# Canceled - Acrylic  Acetate bulk buy



## vick (Aug 14, 2006)

The supplier has raised their prices so I am canceling this group buy.  It fact they have raised their prices so much they are the least attractive place to get this order from (2.60 for 150 blanks).

If anyone want to pick up and reorganize through a different supplier the best price that I have found else where for 100 blank minimum order is 2.35 listed at Berea, Beartoothwoods, and AZ sihouette.  I contacted 2 of these three suppliers and they were unwilling to lower thier price from that.

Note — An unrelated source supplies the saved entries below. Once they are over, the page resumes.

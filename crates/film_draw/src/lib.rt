// Films: the draw of one band of a page.
#![tactic(auto)]

ghost use Rattle.std.specs.Prelude.{◌≡◌, ◌*◌, ◌<◌, ◌≤◌, ◌%◌, length};
ghost use Rattle.row.specs.Counts.{ones_of};
ghost use Rattle.film_words.specs.Words.{words};
ghost use Rattle.film_commands.specs.Band.{strokes};
ghost use Rattle.film_cursor.specs.Cursors.{reading};
ghost use Rattle.film_herald.specs.Herald.{herald_of, band_count};
ghost use Rattle.film_drawing.specs.Promise.{DrawPromised};
ghost use Rattle.film_draw.specs.Functions.{Fits, FrameOf, inked_with};

use film_cursor::{Cursor, Step, advance, start, test_band};
use film_drawing::Drawn;
use film_herald::{bands_per_page, row_bytes, test_herald};
use film_layout::{find_band, find_page};
use film_masks::ink_mask;
use film_paint::Frame;
use film_words::word;
use refusal::{Fault, Refusal};
use row::{clear, ones};

// The frame of band `band` of a page: its lines, and every dot of the film.
fn band_frame(sheet: &[u8], band: usize) -> Frame
    requires { (0 < (herald_of (words sheet.now)).band_s_size) × (band < band_count (herald_of (words sheet.now))) }
    ensures { FrameOf sheet.now band result }
{
    let lines = word(sheet, 5) as usize;
    let most = word(sheet, 7) as usize;
    let above = most * band;
    let own = most.min(lines - above);
    Frame {
        top: above as u16,
        rows: own as u16,
        left: 0,
        width: word(sheet, 6),
    }
}

// Carries out the commands of the band from place `from` up to, not including, `end` on the frame's rows, which are all 0 at first. Where a command is
// refused, those before it are carried out.
fn ink_band<'a>(
    buf: &mut [u8],
    frame: Frame,
    sheet: &'a [u8],
    load: &'a [u8],
    from: usize,
    end: usize,
)
    requires { Fits buf.old frame }
    ensures { buf.new ≡ inked_with frame (strokes from (reading sheet.now load.now from end).items) buf.old }
{
    let size = frame.size();
    clear(&mut buf[..size]);
    let mut c = start(from);
    // A refusal ends the band as its end does. No `while let`: the check does not cover one over a value that holds a reference.
    loop {
        let Some(step) = advance(sheet, load, end, c).unwrap_or(None) else {
            return;
        };
        c = match step {
            Step::Paint(m, at) => {
                ink_mask(buf, frame, c.colour, m);
                Cursor { at, ..c }
            }
            Step::Other(d) => d,
        };
    }
}

// The number of one bits in rows of `row_bytes` bytes each: each row's, added up.
fn count_dots(rows: &[u8], row_bytes: usize) -> usize
    requires { (length rows.now ≤ 65536) × (0 < row_bytes) × (length rows.now % row_bytes ≡ 0) }
    ensures { result ≡ ones_of rows.now }
{
    let mut dots = 0;
    for row in rows.chunks_exact(row_bytes) {
        dots += ones(row);
    }
    dots
}

// Draws band `band` of page `page` into the buffer: its rows from the first byte on, and the bytes beyond them stay. A refusal leaves the
// buffer as it is: the band's commands are all tested before the first byte is stored.
pub fn draw<'a>(
    sheet: &'a [u8],
    load: &'a [u8],
    page: usize,
    band: usize,
    buffer: &mut [u8],
) -> Result<Drawn, Refusal>
    ensures { DrawPromised sheet.now load.now page band buffer.old result buffer.new }
{
    test_herald(sheet, load)?;
    if page >= word(sheet, 11) as usize || band >= bands_per_page(sheet) {
        return Err(Fault::NoBand.at(0));
    }
    let frame = band_frame(sheet, band);
    let size = frame.size();
    if buffer.len() < size {
        return Err(Fault::ShortBuffer.at(0));
    }
    let walk = find_page(sheet, page)?;
    let (from, end) = find_band(sheet, walk, band)?;
    test_band(sheet, load, from, end)?;
    ink_band(buffer, frame, sheet, load, from, end);
    let dots = count_dots(&buffer[..size], row_bytes(frame.width));
    Ok(Drawn {
        rows: frame.rows as usize,
        dots,
    })
}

Sorry to have wasted everyones time.


----------



## PenWorks (Aug 14, 2006)

I would go in for 50


----------



## jkoehler (Aug 14, 2006)

Is this going to be open to those north of the border as well?


----------



## vick (Aug 14, 2006)

Had not thought of that.  If you are out of the country please note what country you are in next to your blank count.  I will take have to mull this over.


----------



## Fangar (Aug 14, 2006)

Thanks for the link Vick.  I don't need any right now as I have plenty, but those are good prices.  

Fangar


----------



## alamocdc (Aug 14, 2006)

At least 20 here, Mike.

BTW, this is where I get my mandrels. Good quality and prices.


----------



## dozer (Aug 14, 2006)

15 for me I have been wanting to try these blanks so now is as good a time as any.

Thanks, Mike


----------



## jkoehler (Aug 14, 2006)

Canada -&gt; probably 20 to 30 here.


----------



## OKLAHOMAN (Aug 14, 2006)

I could go for 20


----------



## cozee (Aug 14, 2006)

Was about to order a few on my own but will wait and jump in here. 15 for me.


----------



## hilltopper46 (Aug 14, 2006)

I would be interested in 10 or so.  Can we mix and match colors?


----------



## vick (Aug 14, 2006)

> _Originally posted by hilltopper46_
> <br />I would be interested in 10 or so.  Can we mix and match colors?


Yes


----------



## Jim15 (Aug 14, 2006)

I'd take about 20.


----------



## emackrell (Aug 14, 2006)

I'd take about 20.

cheers  Eileen


----------



## jjenk02 (Aug 14, 2006)

I would take 50 if I can chose the colors I want.[]


----------



## LanceD (Aug 15, 2006)

I would take 20 black.


----------



## johncrane (Aug 15, 2006)

I will take one of each colour if my maths is right it will be (31) if you are ok for over seas buyers.


----------



## easymoney (Aug 15, 2006)

I'd order 20-30 if they get to that $2.15 range.


----------



## crashgtr (Aug 15, 2006)

I would take at least 20.

Thanks,
Liz


----------



## rgundersen (Aug 16, 2006)

I would do 20 or so.

Also if it helps I would offer to take the out of country orders as part of this group buy.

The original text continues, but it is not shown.